For Liss, Sadie’s words sounded a little like they were coming from behind glass.
She just kept seeing Lyra Martin’s face as she ran away from the cave.
It wasn’t happy.
It wasn’t calm, or amused, or reassured.
She’d looked scared.
What if Sadie was right, and Liss was wrong? What if the edge of danger she was so attracted to in Lachy, right from the beginning, was not so impotent and harmless? What if she had made that terrible mistake, the one she thought she was steps ahead of, too smart for? Building a life that was entwined with his in great big ways and silly small ones.
Sitting next to him at polite couples dinners, standing beside him at interminable company cocktail parties.
Making him a home, feathering him a nest.
Fucking him and hugging him and crying in his arms.
Almost killing herself giving him children.
Looking into his eyes and seeing something that wasn’t there.
Defending him.
Laughing with him and laughing him off to so many of the people around them. Endlessly making small, uncomfortable excuses for him.
He would never.
‘Oh for fuck’s sake,’ Sadie went on. ‘Right in front of your face, Liss! They’re right in front of your face.’
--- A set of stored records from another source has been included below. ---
// What is told of methods and names that were sought.
ghost use Rattle.std.specs.Prelude.{◌≡◌, IfOk};
ghost use Rattle.s80_model.specs.Sought.{places_text};
ghost use Rattle.s80_model.specs.Texts.{names_text};

use crate::changes::add_method_line;
use s80_base::{Names, OutOfMemory, Text};
use s80_xref::Places;
use std::alloc::Global;

/// Methods, each in its line: the class, ` class` behind it for the class side, and the selector.
pub fn places_text(alloc: Global, places: &Places) -> Result<Text, OutOfMemory>
    ensures { IfOk result (λ text. text ≡ places_text places.now) }
{
    let mut text = Text::empty(alloc);
    for i in 0..places.count() {
        let at = places.at(i);
        add_method_line(&mut text, b"", &at.class_name, at.side, at.selector.bytes())?;
        text.append(b"\n")?;
    }
    Ok(text)
}

/// Names, each in its line.
pub fn names_text(alloc: Global, names: &Names) -> Result<Text, OutOfMemory>
    ensures { IfOk result (λ text. text ≡ names_text names.now) }
{
    let mut text = Text::empty(alloc);
    for i in 0..names.count() {
        text.append(names.at(i).bytes())?;
        text.append(b"\n")?;
    }
    Ok(text)
}
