// Names in blocks: layer -2 is named a; the via v goes up from m and has no top layer; maps of one row lead from a to b and from a to cc; a map of two rows
// leads from a and b to c.
#![tactic(auto, unfolding(worked::proofs::OnShapes::on_names))]

use check::expect;
use openrdson_core::{LayerMap, LayerNames, Refusal, layer_name, physical_name, via_layers};
use worked::{layer_name_is, map_of, place_is, place_starts, via_is};

fn layers() {
    let damaged = [1, 0];
    let mut names = [0; 36];
    names[0] = 1;
    names[2] = 254;
    names[3] = 255;
    names[4] = 97;
    expect(layer_name_is(&names, -2, b"a"));
    expect(layer_name(&damaged, -2) == Err(Refusal::BlockDamaged));
}

fn vias() {
    let mut vias = [0; 98];
    vias[0] = 1;
    vias[2] = 118;
    vias[34] = 109;
    expect(via_is(&vias, b"v", b"m", b""));
    expect(via_layers(&vias, b"m") == Ok(None));
}

fn places() {
    let empty = [0, 0];
    let first = map_of!(b'a', b'b', 0);
    let second = map_of!(b'a', b'c', b'c');
    expect(place_is(&first, &second, b"a", b"b"));
    expect(place_is(&empty, &second, b"a", b"cc"));
    expect(physical_name(&first, &second, b"a") == b"b".as_slice());
    expect(physical_name(&second, &first, b"a") == b"cc".as_slice());
}

// The same physical name in two rows: the name that is found is that of the row asked for.
fn starts() {
    let empty = [0, 0];
    let mut twice = [0; 130];
    twice[0] = 2;
    twice[2] = 97;
    twice[34] = 98;
    twice[66] = 99;
    twice[98] = 99;
    expect(place_starts(&twice, &empty, b"b", 98));
    expect(place_starts(&empty, &twice, b"a", 66));
}

// Lookups in blocks that have been checked.
fn checked() {
    let damaged = [1, 0];
    expect(LayerNames::checked(&damaged).is_err());
    expect(LayerMap::checked(&damaged).is_err());
    let mut names = [0; 36];
    names[0] = 1;
    names[2] = 254;
    names[3] = 255;
    names[4] = 97;
    if let Ok(layers) = LayerNames::checked(&names) {
        expect(layers.rows() == 1);
        expect(layers.find(-2) == Some(0));
        expect(layers.find(-3) == None);
    }
    let mut twice = [0; 130];
    twice[0] = 2;
    twice[2] = 97;
    twice[34] = 98;
    twice[66] = 99;
    twice[98] = 99;
    if let Ok(map) = LayerMap::checked(&twice) {
        expect(map.find(b"b").is_some());
        expect(map.find(b"c").is_none());
    }
}

fn main() {
    layers();
    vias();
    places();
    starts();
    checked();
}
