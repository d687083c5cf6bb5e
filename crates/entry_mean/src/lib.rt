// From matrix to search: candidates, the gain of a split, the best split.
// Entry points: whatever is passed in, each ends with an answer or with the refusal, which has changed no lent memory. None has a `requires`.
#![tactic(auto)]

ghost use Rattle.std.specs.Prelude.{length};
ghost use Rattle.control.specs.Refused.{told};
ghost use Rattle.control.specs.Settings.{matrix_of, shortest_of};
ghost use Rattle.optimizer.specs.Records.{best_split_told};
ghost use Rattle.entry_mean.specs.Left.{CandidatesLeft, GainLeft, SearchLeft};

use change_in_mean::ChangeInMean;
use control::{Allowed, Matrix, Refusal};
use optimizer::candidates;
use optimizer::gain::Gain;
use optimizer::optimizer_result::BestSplit;
use rows::{Position, Segment};

// The rows where a segment may be split, ascending, into `rows`; tells how many.
pub fn split_candidates(
    n: usize,
    allowed: Allowed,
    segment: Segment,
    rows: &mut [usize],
) -> Result<usize, Refusal>
    ensures { CandidatesLeft (record { n = n; shortest = shortest_of allowed.entry.shortest; forbidden = allowed.entry.forbidden.now; start = segment.start.0; stop = segment.stop.0; room = length rows.old }) (told (λ k. k) result) rows.old rows.new }
{
    candidates::candidates_refusal(n, allowed, segment, rows.len())?;
    Ok(candidates::split_candidates(allowed, segment, rows))
}

// The gain of splitting a segment at `split`; the prefix sums are left in `sums`.
pub fn gain(
    matrix: Matrix,
    segment: Segment,
    split: Position,
    sums: &mut [f64],
) -> Result<f64, Refusal>
    ensures { GainLeft (record { matrix = matrix_of matrix.entry; start = segment.start.0; stop = segment.stop.0; split = split.0; room = length sums.old }) (told (λ g. g) result) sums.old sums.new }
{
    change_in_mean::gain_refusal(matrix, segment, split, sums.len())?;
    change_in_mean::calculate_cumsum(matrix.cells, matrix.d, sums);
    let len = control::sums_len(matrix.n, matrix.d);
    let gain = ChangeInMean {
        sums: &sums[..len],
        d: matrix.d,
    };
    Ok(gain.gain(segment, split))
}

// The split of a segment with the greatest gain, the first of equal ones; the prefix sums are left in `sums`.
pub fn find_best_split(
    matrix: Matrix,
    allowed: Allowed,
    segment: Segment,
    sums: &mut [f64],
) -> BestSplit
    ensures { SearchLeft (record { matrix = matrix_of matrix.entry; shortest = shortest_of allowed.entry.shortest; forbidden = allowed.entry.forbidden.now; start = segment.start.0; stop = segment.stop.0; room = length sums.old }) (best_split_told result) sums.old sums.new }
{
    if let Err(refusal) = grid_search::search_refusal(matrix, allowed, segment, sums.len()) {
        return BestSplit::Refused(refusal.number());
    }
    change_in_mean::calculate_cumsum(matrix.cells, matrix.d, sums);
    let len = control::sums_len(matrix.n, matrix.d);
    let gain = ChangeInMean {
        sums: &sums[..len],
        d: matrix.d,
    };
    grid_search::find_best_split(gain, allowed, segment)
}
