/// The length of the complete file of this number, if there is one.
fn length_of(store: &FileStore, number: FileNumber) -> Option<u32>
    ensures { result ≡ option_map length (file_of (store_in store.now) number) }
{
    match store.info(number) {
        Some(info) if info.complete => Some(info.held),
        _ => None,
    }
}

/// Whether each of these numbers is that of a complete file.
fn are_files(store: &FileStore, numbers: &[u32]) -> bool
    ensures { result ≡ list_all (has_file (store_in store.now)) numbers.now }
{
    numbers.iter().all(|number| length_of(store, FileNumber::new(*number)).is_some())
}

/// A command with this number takes `count` numbers from the beginning of the caller's list: only one with number 0
/// does.
fn take_numbers(number: u32, count: usize, caller: Call, lists: &mut Lists)
    requires { number ≡ 0 → count ≤ length (left_of lists.old caller) }
    ensures { lists.new ≡ lists_after lists.old caller number count }
{
    if number == 0 {
        lists.take(caller, count);
    }
}

/// Ready, SELECT_CMD: the caller's list becomes the complete files that match the selection, or the command is refused.
fn select<D: Disk>(
    disk: &mut D,
    tokens: &[u8],
    caller: Call,
    store: &mut FileStore,
    lists: &mut Lists,
    replies: &mut Replies,
)
    requires ready { IsReady D.Disk store.old disk.old }
    requires complete { AreComplete (store_in store.old) lists.old }
    ensures row { MakesRow D.Disk store.old disk.old disk.new
        (λ files. select_row caller files lists.old tokens.now) (made ready lists.new replies.new.items) }
    ensures keeps { KeepsFiles D.Disk store.old store.new disk.new lists.new ready }
{
    let Some(selection) = selection_of(tokens) else {
        return refuse(ErrorCode::PoorlyFormedSel, replies);
    };
    match chosen_files(disk, store, &selection) {
        Ok(numbers) => {
            lists.select(caller, &numbers);
            write_packet(&Packet::SelectResp(numbers.len() as u16), replies);
        }
        Err(_fault) => refuse(ErrorCode::ServerFsys, replies),
    }
}

/// The selection of these tokens; none if they have a fault, or are more than a packet has.
fn selection_of(tokens: &[u8]) -> Option<Selection>
    ensures some { IfSome result (λ selection. SelectsBy tokens.now (tree_of selection)) }
    ensures none { IfNone result (SelectsNone tokens.now) }
{
    if tokens.len() > MOST_TOKENS {
        return None;
    }
    Selection::read(tokens).ok()
}

/// Refuses a command with this code, or says it instead of a DATA: DL_ERROR_RESP in place of what `out` holds.
fn refuse<const N: usize>(code: ErrorCode, out: &mut ArrayVec<u8, N>)
    requires { 3 ≤ N }
    ensures { out.new.items ≡ packet_text (dl_error_resp (octet_of code)) }
{
    write_packet(&Packet::DlErrorResp(code.code()), out);
}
Oh. Sadie was yelling at her. Liss brought herself back to HQ, where Dani and Lachy were standing in the centre of the circle, and Sadie was leaning forward in her seat, her eyes glittering. To Liss, she looked as if she was shimmering with a furious energy.
‘Here we go again.’ Lachy had stopped hugging Dani, whose arms had remained by her side. ‘Liss, I told you we should have asked her to leave.’
In contrast to Sadie, Liss knew she looked dumb, empty. It was how she felt.
‘Dani is in love with your husband,’ Sadie said, pointing a steady finger at Dani and Lachy. ‘It’s why she excuses his creepy behaviour. It’s why Dani can do no wrong in the Short house. It’s why the girls’ dad left in the fucking first place.’
‘Shut up, Sadie.’ Dani sounded remarkably calm. ‘You have no idea what you’re talking about. No idea at all. Liss, come on.’
Why did Liss’s tongue feel so thick and slow?
‘Liss, I know you know,’ Sadie pushed on, her voice trembling. ‘I saw you all. I know the deal you’ve made.’
‘Sadie. What about today, at the pool?’ Dani asked in a voice much softer than Sadie’s. ‘What’s wrong with you?’
‘What’s wrong with me is that I’ve been going along with this charade. And I’m living a different kind of life now, of truth. I know it’s awkward for all of you, and even for my Trick, who just wants to fit in, but . . .’ She choked a little, running out of fuelling fury at the thought of her son.
‘Sadie.’ Liss found her voice. ‘Please.’
‘I saw you that time, you know,’ Sadie repeated.
‘Sadie.’ Liss realised now that she might finally be shouting, because the eyes that had been focused on Sadie had turned to her. ‘Stop it.’
Sadie pulled herself up, put her glass down with the others on the crowded Formica table.
‘I saw you all that day, on the beach,’ she said. ‘Everything I’m saying is true. And I’m going to bed now.’